• WORK INSTRUCTION: Copy every record that follows, word for word.
^^^^^^^^^^^^^^^^
//! The bytes with which an image begins, and those of the kinds of timers.
ghost use Rattle.std.specs.Prelude.{◌≡◌};
ghost use Rattle.wap_image.specs.Items.{timer_kind};

/// The first byte of an image.
pub const LETTER_W: u8 = b'W';
/// Its second byte.
pub const LETTER_I: u8 = b'I';
/// Its third byte, the number of the format.
pub const FORMAT: u8 = 1;

/// A timer that hasn't started.
pub const NOT_STARTED: u8 = 0;
/// A timer that runs.
pub const RUNNING: u8 = 1;
/// A timer that has run out, or none.
pub const OFF: u8 = 2;

/// The kinds of timers.
#[derive(Clone, Copy)]
pub enum TimerKind {
    NotStarted,
    Running,
    Off,
}

/// What a timer is that begins with this byte.
pub(crate) fn timer_kind(byte: u8) -> Option<TimerKind>
    ensures { result ≡ timer_kind byte }
{
    match byte {
        NOT_STARTED => Some(TimerKind::NotStarted),
        RUNNING => Some(TimerKind::Running),
        OFF => Some(TimerKind::Off),
        _ => None,
    }
}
^^^^^^^^^^^^^^^^
• ANSWER:
//! The bytes with which an image begins, and those of the kinds of timers.
ghost use Rattle.std.specs.Prelude.{◌≡◌};
ghost use Rattle.wap_image.specs.Items.{timer_kind};

/// The first byte of an image.
pub const LETTER_W: u8 = b'W';
/// Its second byte.
pub const LETTER_I: u8 = b'I';
/// Its third byte, the number of the format.
pub const FORMAT: u8 = 1;

/// A timer that hasn't started.
pub const NOT_STARTED: u8 = 0;
/// A timer that runs.
pub const RUNNING: u8 = 1;
/// A timer that has run out, or none.
pub const OFF: u8 = 2;

/// The kinds of timers.
#[derive(Clone, Copy)]
pub enum TimerKind {
    NotStarted,
    Running,
    Off,
}

/// What a timer is that begins with this byte.
pub(crate) fn timer_kind(byte: u8) -> Option<TimerKind>
    ensures { result ≡ timer_kind byte }
{
    match byte {
        NOT_STARTED => Some(TimerKind::NotStarted),
        RUNNING => Some(TimerKind::Running),
        OFF => Some(TimerKind::Off),
        _ => None,
    }
}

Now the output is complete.